§ Try it
Read the records that follow and state how many lines hold "from", adding nothing else.

Stored items:
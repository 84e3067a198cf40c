//! Laws of making: a value or a mint is determined by its parts. A function here has no body: its contract is the law.

ghost use Rattle.std.specs.Prelude.{◌≡◌, ℕ, ℤ, List};
ghost use Rattle.model.specs.Cbor.{HasText};
ghost use Rattle.model.specs.Value.{Value, Mint, IsValue, IsMint, item_of_value, item_of_number, item_of_assets};
ghost use Rattle.value.specs.Parts.{AssetQuantity, IsValueOf, IsMintOf};

/// Of the same coin and the same assets, in whatever order they are told, there is at most one value with a text.
pub fn one_value_of_parts()
    ensures { (a b : Value) (coin : ℕ) (assets : List (AssetQuantity ℕ)) → IsValue a → HasText (item_of_value a) →
        IsValue b → HasText (item_of_value b) → IsValueOf a coin assets → IsValueOf b coin assets → a ≡ b }
{}

/// Of the same assets, in whatever order they are told, there is at most one mint with a text.
pub fn one_mint_of_parts()
    ensures { (a b : Mint) (assets : List (AssetQuantity ℤ)) → IsMint a → HasText (item_of_assets item_of_number a) →
        IsMint b → HasText (item_of_assets item_of_number b) → IsMintOf a assets → IsMintOf b assets → a ≡ b }
{}
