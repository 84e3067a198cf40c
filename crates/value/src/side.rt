//! Whether something is added to sums or taken from them.

ghost use Rattle.std.specs.Prelude.{◌≡◌};
ghost use Rattle.value.specs.Quantities.{IsWithin, quantity_limit};

/// Whether something is added to sums or taken from them.
#[derive(Clone, Copy, Debug, PartialEq, Eq)]
pub enum Side {
    Added,
    Taken,
}

impl Side {
    ghost use Rattle.value.specs.Sides.{sided};

    /// By how much a sum changes where this quantity is added or taken.
    pub fn change_by(self, quantity: i128) -> i128
        requires { IsWithin quantity_limit quantity }
        ensures is { result ≡ sided self quantity }
        ensures within { IsWithin quantity_limit result }
    {
        match self {
            Side::Added => quantity,
            Side::Taken => -quantity,
        }
    }
}
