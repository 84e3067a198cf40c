//! Identifiers of texts, in files and on standard input. The texts and their identifiers are those of `cases`, which
//! another SHA-256 gave.

use super::start_tests::{MEMORY, ends, ends_on, own_folder, remove, write_file};
use hosting::Process;
use std::fs;
use std::fs::File;
use std::process::Abort;
use std::rt::Files;
use std::sync::Wait;
use std::thread::Threads;

/// A payment of 910 of the 1,200 lovelace of a genesis, in lines.
pub const PAYMENT: &[&str] = &[
    "83a3 0081825820 0000000000000000000000000000000000000000000000000000000000000000 00\n",
    "0181825821 60 72cd6e8422c407fb6d098690f1130b7ded7ec2f7f5e1d30bd9d521f015363793 19038e\n",
    "02190122\n",
    "a1 0081825820 0101010101010101010101010101010101010101010101010101010101010101\n",
    "5840 7720038b2e76ccb282aafeb87e011adf346efe4af0e408c41b734fcfbbcedf12\n",
    "\t7720038b2e76ccb282aafeb87e011adf346efe4af0e408c41b734fcfbbcedf12\n",
    "f6\n",
];

/// Kinds of texts, the text in parts, and what is printed.
const TEXTS: &[(&str, &[&str], &str)] = &[
    (
        "transaction",
        PAYMENT,
        "afd9fff1a7c82f9259b208652b718624b06a4648eaca7288e41ea8f5646e34e1\n",
    ),
    (
        "block",
        &["82840101f6582076be8b528d0075f7aae98d6fa57a6d3c83ae480a8469e668d7b0af968995ac7180"],
        "3b232b00fdf18aa5f2e408bd66e32ceb313459697b54313151494910541c08aa\n",
    ),
    // The block of two transactions is another one than the same without them.
    (
        "block",
        &[
            "828402055820 3b232b00fdf18aa5f2e408bd66e32ceb313459697b54313151494910541c08aa\n",
            "5820 76be8b528d0075f7aae98d6fa57a6d3c83ae480a8469e668d7b0af968995ac71 80",
        ],
        "96f42fc392da943a5ebb5c35bb3f5bb0667b1eaffafe4804452df4423d3e7504\n",
    ),
    ("script", &["820180"], ALWAYS),
    ("script", &[" 8 20\n\n1\t80 \n"], ALWAYS),
];

/// The hash of the script that asks for all of none.
const ALWAYS: &str = "310e8ad6fd176849a5667f8309d828a7aa48dd2d56e308ebe790babd1c7daf88\n";

/// The text of the kind has the identifier that is printed.
fn has_identifier(
    rt: &(impl Abort
        + Files<File = File>
        + AllocGlobal
        + Threads
        + Wait
        + Process
        + Copy
        + Send
        + Sync
        + 'static),
    folder: &str,
    (kind, parts, printed): (&str, &[&str], &str),
) {
    let file = write_file(rt, folder, "text", parts);
    let words = ["node", "id", kind, file.as_str()];
    ends(rt, words.as_slice(), 0, printed, "");
}

#[test]
fn identifiers_of_texts(rt: HostRuntime) {
    let folder = own_folder(&rt);
    for text in TEXTS {
        has_identifier(&rt, &folder, *text);
    }
    remove(&rt, &folder);
}

// A dash is standard input, and so is no path.
#[test]
fn texts_on_standard_input(rt: HostRuntime) {
    let words = ["node", "id", "script", "-"];
    let text = b"820180\n".as_slice();
    ends_on(&rt, words.as_slice(), text, (0, ALWAYS, ""));
    let (without, _) = words.split_at(3);
    ends_on(&rt, without, text, (0, ALWAYS, ""));
    let told = "standard input is no script: malformed CBOR: the text ends before its item does\n";
    ends_on(&rt, without, b"8201".as_slice(), (1, "", told));
    let told = "standard input: the character at place 3 is no hexadecimal digit\n";
    ends_on(&rt, without, b"82-1".as_slice(), (1, "", told));
    let words = ["node", "id", "--binary", "script"];
    ends_on(
        &rt,
        words.as_slice(),
        b"\x82\x01\x80".as_slice(),
        (0, ALWAYS, ""),
    );
}

// Bytes that are read themselves are no digits, and no line feed is left out.
#[test]
fn bytes_of_a_file(rt: HostRuntime) {
    let folder = own_folder(&rt);
    let file = write_file(&rt, &folder, "bytes", &[]);
    fs::write(&rt, file.as_str(), b"\x82\x01\x80".as_slice()).expect(&rt, "a file");
    let words = ["node", "id", "script", file.as_str(), "--binary"];
    ends(&rt, words.as_slice(), 0, ALWAYS, "");
    fs::write(&rt, file.as_str(), b"\x82\x01\x80\n".as_slice()).expect(&rt, "a file");
    let told = format!(in rt.alloc();
        "{file} is no script: malformed CBOR: the text goes on at byte 3 behind its item\n"
    ).expect(&rt, MEMORY);
    ends(&rt, words.as_slice(), 1, "", told.as_str());
    remove(&rt, &folder);
}

/// Kinds of texts, texts that are none, and what is told behind the path.
const NONE: &[(&str, &str, &str)] = &[
    (
        "transaction",
        "820180",
        " is no transaction: CBOR of something else\n",
    ),
    (
        "transaction",
        "",
        " is no transaction: malformed CBOR: the text ends before its item does\n",
    ),
    (
        "script",
        "82018000",
        " is no script: malformed CBOR: the text goes on at byte 3 behind its item\n",
    ),
    // A head of two bytes for a number below 24, and a text string.
    (
        "script",
        "82 1803 80",
        " is no script: malformed CBOR: byte 2 makes a number that has a shorter form\n",
    ),
    (
        "script",
        "82 01 6161",
        " is no script: malformed CBOR: byte 2 begins no item\n",
    ),
    ("block", "820180", " is no block: CBOR of something else\n"),
    (
        "block",
        "82 84 01 01 f6 5f",
        " is no block: malformed CBOR: byte 5 begins no item\n",
    ),
    (
        "block",
        "82840101f658200000000000000000000000000000000000000000000000000000000000000000 80",
        " is no block: the body has another hash than the header names\n",
    ),
    // Places are counted from 1, and blanks have some.
    (
        "script",
        "82 0x80\n",
        ": the character at place 5 is no hexadecimal digit\n",
    ),
    (
        "script",
        "0x820180\n",
        ": the character at place 2 is no hexadecimal digit\n",
    ),
    (
        "script",
        "8201\r\n80\n",
        ": the character at place 5 is no hexadecimal digit\n",
    ),
    (
        "script",
        "820g1",
        ": the character at place 4 is no hexadecimal digit\n",
    ),
    (
        "script",
        "82 01 8 \n",
        ": the digit at place 7 is the last of an odd number\n",
    ),
    (
        "block",
        "8",
        ": the digit at place 1 is the last of an odd number\n",
    ),
];

/// The text is none of the kind, and this is told behind its path.
fn is_none(
    rt: &(impl Abort
        + Files<File = File>
        + AllocGlobal
        + Threads
        + Wait
        + Process
        + Copy
        + Send
        + Sync
        + 'static),
    folder: &str,
    (kind, text, told): (&str, &str, &str),
) {
    let file = write_file(rt, folder, "text", &[text]);
    let told = format!(in rt.alloc(); "{file}{told}").expect(rt, MEMORY);
    let words = ["node", "id", kind, file.as_str()];
    ends(rt, words.as_slice(), 1, "", told.as_str());
}

#[test]
fn texts_of_none(rt: HostRuntime) {
    let folder = own_folder(&rt);
    for none in NONE {
        is_none(&rt, &folder, *none);
    }
    remove(&rt, &folder);
}

/// Files that can't be read, of which one has no end, and what is told.
const UNREAD: &[(&str, &str)] = &[
    ("no/such", "cannot read no/such\n"),
    ("/", "cannot read /\n"),
    ("/dev/zero", "cannot read /dev/zero\n"),
];

#[test]
fn texts_that_cannot_be_read(rt: HostRuntime) {
    for (path, told) in UNREAD {
        let words = ["node", "id", "block", *path];
        ends(&rt, words.as_slice(), 1, "", *told);
    }
}
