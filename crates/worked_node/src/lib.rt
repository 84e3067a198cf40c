//! What data can't say of the program `node`, by the call that does all its work: command lines, files and statuses.
#![tactic(auto)]

#[cfg(test)]
mod check_tests;
#[cfg(test)]
mod ed25519_tests;
#[cfg(test)]
mod explain_tests;
#[cfg(test)]
mod genesis_tests;
#[cfg(test)]
mod id_tests;
#[cfg(test)]
mod log_tests;
#[cfg(test)]
mod serve_tests;
#[cfg(test)]
mod show_tests;
#[cfg(test)]
mod sim_tests;
#[cfg(test)]
mod start_tests;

§ Response
3